The piece mentions how because of Sistani's moderate viewpoints, he has been the target of various assassination attempts and his co-workers have been killed one by one. Magister's quote of the words of the Chaldean patriarch after meeting Sistani are instructive:
“The grand ayatollah received us with a warm ’welcome,’ he spent an hour with us, and at the end he did not disguise his satisfaction. Our common desire is that of finding a way to bring peace and tranquility to the country. We both know that Iraq is sick, but we want to find together the medicines to heal it. We talked together like two brothers who love each other.”

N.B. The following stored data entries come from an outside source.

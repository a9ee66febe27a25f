ghost use Rattle.std.specs.Prelude.{◌≡◌, ◌≤◌, ◌<◌, [], length};
ghost use Rattle.lt_merge.specs.Merging.{with_events};

use lt_desk::Out;
use lt_merge::Run;

/// Notes the event lines of the last move.
pub(crate) fn note_events(out: &mut Out, run: &mut Run)
    requires some { 0 < length run.old.entries }
    requires room { length out.old.events ≤ run.old.room }
    ensures entries { run.new.entries ≡ with_events run.old.entries out.old.events }
    ensures out { out.new ≡ record out.old { events = [] } }
{
    while let Some(event) = out.next_event() {
        run.add_event(event);
    }
}
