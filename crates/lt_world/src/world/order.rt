ghost use Rattle.std.specs.Prelude.{◌≡◌, ◌<◌, ◌^◌, length, IfSome, None, slice_get, option_map};
ghost use Rattle.lt_spec.specs.FixedOrder.{pick, takes, count_acts, next_act, act_after, act_turn};
ghost use Rattle.lt_world.specs.Fields.{IsRunnable, world_of};
ghost use Rattle.lt_world.specs.Choice.{choice_of};

use super::World;
use crate::choice::Choice;
use lt_modes::Step;

// The order of the enabled moves.
impl World {
    // The enabled move at place `k`.
    #[tactic(auto, using(crate::proofs::Picks::takes_before))]
    pub(super) fn turn_at(&self, k: u32) -> Option<Choice>
        ensures { result ≡ option_map choice_of (pick self.now.script (world_of self.now) k) }
    {
        if let Some(choice) = self.take_at(k) {
            return Some(choice);
        }
        // At the first place there is no take to be counted.
        let takes = if k > 0 { self.count_takes() } else { 0 };
        self.act_at(k - takes)
    }

    // The number of enabled takes.
    pub(super) fn count_takes(&self) -> u32
        ensures count { result ≡ length (takes self.now.script (world_of self.now)) }
        ensures few { result < 2 ^ 16 }
    {
        self.network.inboxes.count_takes()
    }

    // The number of clients that can act.
    pub(super) fn count_acts(&self) -> u32
        ensures count { result ≡ count_acts self.now.script (world_of self.now) }
        ensures few { result < 2 ^ 16 }
    {
        self.turns.count()
    }

    // The take at place `k`, by receiver and then by sender.
    fn take_at(&self, k: u32) -> Option<Choice>
        ensures { result ≡ option_map choice_of (slice_get (takes self.now.script (world_of self.now)) k) }
    {
        let take = self.network.inboxes.take_at(k)?;
        Some(Choice {
            node: take.receiver,
            step: Step::Take(take.sender),
        })
    }

    // The act at place `k`.
    fn act_at(&self, k: u32) -> Option<Choice>
        ensures { result ≡ option_map choice_of (option_map (act_turn self.now.script) (act_after self.now.script (world_of self.now) None k)) }
    {
        let client = self.client_at(k)?;
        Some(Choice {
            node: self.script.home(client),
            step: Step::Act(client),
        })
    }

    // The client that acts at place `k`.
    #[tactic(auto, using(crate::proofs::TurnOrder::act_after_next, crate::proofs::TurnOrder::act_after_none))]
    fn client_at(&self, k: u32) -> Option<u16>
        ensures client { result ≡ act_after self.now.script (world_of self.now) None k }
        ensures runnable { IfSome result (IsRunnable self.now) }
    {
        let mut earlier = None;
        let mut left = k;
        while left > 0 {
            match self.next_act(earlier) {
                Some(client) => earlier = Some(client),
                None => return None,
            }
            left -= 1;
        }
        self.next_act(earlier)
    }

    // The first runnable client after this one, or of all where there is none, in the order of moves.
    fn next_act(&self, earlier: Option<u16>) -> Option<u16>
        requires { IfSome earlier (IsRunnable self.now) }
        ensures next { result ≡ next_act self.now.script (world_of self.now) earlier }
        ensures runnable { IfSome result (IsRunnable self.now) }
    {
        match earlier {
            None => self.turns.first(),
            Some(client) => self.turns.after(client),
        }
    }
}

Magister also notes the grand ayatollah's response to the Regensburg speech which sharply contrasted with much of the Muslim world:
In September of 2006, during the days of violent anti-papal protest that exploded in the Muslim world after Benedict XVI’s lecture in Regensburg, representatives from Sistani paid two visits to the secretary of the Vatican nunciature in Baghdad, Thomas Hlim Sbib, in order to express esteem and friendship toward Benedict XVI, and the desire for a meeting with him in Rome.
Magister rightly points to the /religious/ background of Sistani's moderation which is a traditional look at Shi'ism. Shi'ism looks to the twelfth imam who has left this world and will return again someday. While Khomeini's revolution in Iran was not only a political one, but also a religious one in redefining Shi'ism, Sistani holds to the old ways:
Amir Taheri, an Iranian intellectual exiled in the West, says: “For Sistani, power belongs to the twelfth imam. But since he is gone, it passes to the people. The final decision is to be made by the individual on the basis of reason, the greatest gift from God. Sistani’s vision is Aristotelian, a society of pious citizens.”
The grand ayatollah's website may be found at www.sistani.org.